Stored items
___

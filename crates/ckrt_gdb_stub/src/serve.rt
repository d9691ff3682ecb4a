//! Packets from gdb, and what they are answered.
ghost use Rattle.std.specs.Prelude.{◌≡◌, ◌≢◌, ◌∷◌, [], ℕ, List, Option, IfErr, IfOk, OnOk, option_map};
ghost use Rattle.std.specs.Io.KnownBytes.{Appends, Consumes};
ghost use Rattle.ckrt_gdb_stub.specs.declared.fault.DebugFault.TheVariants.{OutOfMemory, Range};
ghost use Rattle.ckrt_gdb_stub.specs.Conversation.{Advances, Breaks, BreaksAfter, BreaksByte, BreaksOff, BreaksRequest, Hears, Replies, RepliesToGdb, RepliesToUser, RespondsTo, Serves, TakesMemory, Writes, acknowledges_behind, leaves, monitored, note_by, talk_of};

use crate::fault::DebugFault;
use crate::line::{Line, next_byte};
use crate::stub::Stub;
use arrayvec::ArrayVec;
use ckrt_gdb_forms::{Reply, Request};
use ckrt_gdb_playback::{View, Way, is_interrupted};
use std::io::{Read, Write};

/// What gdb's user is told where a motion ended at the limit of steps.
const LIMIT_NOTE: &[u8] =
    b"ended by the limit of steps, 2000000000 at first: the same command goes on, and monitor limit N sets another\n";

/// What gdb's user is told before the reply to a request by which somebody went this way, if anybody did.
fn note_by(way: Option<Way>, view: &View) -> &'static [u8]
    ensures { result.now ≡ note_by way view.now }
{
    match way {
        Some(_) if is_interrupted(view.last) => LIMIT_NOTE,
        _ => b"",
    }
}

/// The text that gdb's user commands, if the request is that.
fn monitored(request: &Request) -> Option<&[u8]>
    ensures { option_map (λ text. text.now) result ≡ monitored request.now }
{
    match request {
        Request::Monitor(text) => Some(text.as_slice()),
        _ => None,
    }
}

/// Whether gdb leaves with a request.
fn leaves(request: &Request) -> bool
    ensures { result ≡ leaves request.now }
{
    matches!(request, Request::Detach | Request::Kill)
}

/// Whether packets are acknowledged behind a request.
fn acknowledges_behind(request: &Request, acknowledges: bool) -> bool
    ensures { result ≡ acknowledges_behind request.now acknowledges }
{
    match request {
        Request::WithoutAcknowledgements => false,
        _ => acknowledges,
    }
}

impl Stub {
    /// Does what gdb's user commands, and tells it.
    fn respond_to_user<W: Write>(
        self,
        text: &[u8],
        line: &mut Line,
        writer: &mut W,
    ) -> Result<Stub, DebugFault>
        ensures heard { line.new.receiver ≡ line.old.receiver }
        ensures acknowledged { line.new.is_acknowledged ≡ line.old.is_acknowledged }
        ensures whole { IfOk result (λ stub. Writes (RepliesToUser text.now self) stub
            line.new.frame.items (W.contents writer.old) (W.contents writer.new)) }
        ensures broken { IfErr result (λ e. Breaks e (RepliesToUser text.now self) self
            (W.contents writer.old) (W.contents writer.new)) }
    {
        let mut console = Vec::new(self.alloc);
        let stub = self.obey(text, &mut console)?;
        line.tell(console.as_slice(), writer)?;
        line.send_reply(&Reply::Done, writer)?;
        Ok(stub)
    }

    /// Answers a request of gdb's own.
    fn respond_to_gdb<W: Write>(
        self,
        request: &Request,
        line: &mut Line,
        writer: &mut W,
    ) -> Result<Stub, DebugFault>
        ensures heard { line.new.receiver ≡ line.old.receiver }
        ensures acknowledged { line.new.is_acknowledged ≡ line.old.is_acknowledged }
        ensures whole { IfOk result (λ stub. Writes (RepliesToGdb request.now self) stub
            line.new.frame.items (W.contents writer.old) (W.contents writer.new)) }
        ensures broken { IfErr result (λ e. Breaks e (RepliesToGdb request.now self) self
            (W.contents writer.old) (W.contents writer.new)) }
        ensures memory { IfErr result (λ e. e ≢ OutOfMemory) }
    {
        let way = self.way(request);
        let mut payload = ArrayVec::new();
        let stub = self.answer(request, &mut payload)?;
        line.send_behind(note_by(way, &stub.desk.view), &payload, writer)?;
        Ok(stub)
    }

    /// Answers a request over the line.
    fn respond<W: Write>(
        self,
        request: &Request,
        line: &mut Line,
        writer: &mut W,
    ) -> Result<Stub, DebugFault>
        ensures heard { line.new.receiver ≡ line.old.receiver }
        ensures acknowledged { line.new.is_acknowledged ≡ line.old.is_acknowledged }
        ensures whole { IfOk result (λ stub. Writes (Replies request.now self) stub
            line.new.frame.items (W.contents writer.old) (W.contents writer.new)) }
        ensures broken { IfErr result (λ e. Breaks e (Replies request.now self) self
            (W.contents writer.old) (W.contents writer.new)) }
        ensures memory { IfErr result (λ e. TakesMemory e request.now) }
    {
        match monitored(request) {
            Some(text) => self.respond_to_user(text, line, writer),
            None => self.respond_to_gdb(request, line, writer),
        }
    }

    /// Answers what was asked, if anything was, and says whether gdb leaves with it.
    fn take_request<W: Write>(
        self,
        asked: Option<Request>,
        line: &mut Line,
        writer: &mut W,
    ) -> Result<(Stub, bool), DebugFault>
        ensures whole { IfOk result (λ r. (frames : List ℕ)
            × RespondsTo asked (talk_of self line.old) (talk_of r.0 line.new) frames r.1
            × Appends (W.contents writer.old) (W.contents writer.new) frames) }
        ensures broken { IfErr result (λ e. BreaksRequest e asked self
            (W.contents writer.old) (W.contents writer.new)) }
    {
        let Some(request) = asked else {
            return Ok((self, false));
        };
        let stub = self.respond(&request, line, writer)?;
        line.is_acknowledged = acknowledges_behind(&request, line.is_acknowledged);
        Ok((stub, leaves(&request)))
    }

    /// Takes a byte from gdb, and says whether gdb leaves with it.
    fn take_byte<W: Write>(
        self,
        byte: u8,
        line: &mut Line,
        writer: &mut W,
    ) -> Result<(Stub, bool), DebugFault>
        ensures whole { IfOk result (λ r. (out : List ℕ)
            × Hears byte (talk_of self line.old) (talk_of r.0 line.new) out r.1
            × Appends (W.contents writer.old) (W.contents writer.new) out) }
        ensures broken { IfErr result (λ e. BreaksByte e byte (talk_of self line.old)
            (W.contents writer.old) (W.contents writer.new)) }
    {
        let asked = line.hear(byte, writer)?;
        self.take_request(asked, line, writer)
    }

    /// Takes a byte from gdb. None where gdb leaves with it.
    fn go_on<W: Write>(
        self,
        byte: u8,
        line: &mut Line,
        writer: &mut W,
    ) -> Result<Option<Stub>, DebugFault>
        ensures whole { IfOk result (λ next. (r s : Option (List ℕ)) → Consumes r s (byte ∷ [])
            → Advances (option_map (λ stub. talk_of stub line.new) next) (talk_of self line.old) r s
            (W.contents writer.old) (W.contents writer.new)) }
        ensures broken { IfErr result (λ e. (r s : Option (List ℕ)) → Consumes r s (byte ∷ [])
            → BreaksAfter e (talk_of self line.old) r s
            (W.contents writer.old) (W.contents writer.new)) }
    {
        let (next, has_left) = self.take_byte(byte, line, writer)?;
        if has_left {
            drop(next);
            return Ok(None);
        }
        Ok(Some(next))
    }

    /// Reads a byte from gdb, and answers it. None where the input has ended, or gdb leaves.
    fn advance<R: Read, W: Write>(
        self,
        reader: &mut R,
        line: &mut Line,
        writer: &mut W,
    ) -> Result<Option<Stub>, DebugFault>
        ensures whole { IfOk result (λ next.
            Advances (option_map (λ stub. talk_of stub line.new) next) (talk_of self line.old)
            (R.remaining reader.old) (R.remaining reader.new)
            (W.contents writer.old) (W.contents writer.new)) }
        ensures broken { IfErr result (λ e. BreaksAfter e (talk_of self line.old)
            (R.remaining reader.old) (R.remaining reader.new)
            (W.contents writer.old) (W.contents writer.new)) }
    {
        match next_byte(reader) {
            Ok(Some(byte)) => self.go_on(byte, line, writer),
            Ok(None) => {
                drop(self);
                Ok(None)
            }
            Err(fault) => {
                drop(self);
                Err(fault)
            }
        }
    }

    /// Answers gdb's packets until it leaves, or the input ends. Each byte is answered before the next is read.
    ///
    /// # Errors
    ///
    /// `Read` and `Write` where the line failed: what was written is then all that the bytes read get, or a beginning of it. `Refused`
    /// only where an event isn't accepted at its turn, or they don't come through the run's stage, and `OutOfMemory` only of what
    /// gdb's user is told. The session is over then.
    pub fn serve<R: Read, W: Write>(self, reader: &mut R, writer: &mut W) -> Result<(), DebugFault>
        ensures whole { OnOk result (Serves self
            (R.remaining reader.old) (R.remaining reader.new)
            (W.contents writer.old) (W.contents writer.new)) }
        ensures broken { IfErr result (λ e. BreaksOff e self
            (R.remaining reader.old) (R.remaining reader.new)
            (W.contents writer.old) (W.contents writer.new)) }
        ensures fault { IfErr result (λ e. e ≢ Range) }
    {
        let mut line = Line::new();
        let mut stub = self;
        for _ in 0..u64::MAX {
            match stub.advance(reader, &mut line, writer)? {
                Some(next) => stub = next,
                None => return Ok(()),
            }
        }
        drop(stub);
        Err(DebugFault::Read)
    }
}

___

_DIRECTIONS FOR THIS TASK_
Among the entries, how many lines include the word "before"? Answer with a single number and nothing further.

_PROBLEM SOLUTION_
2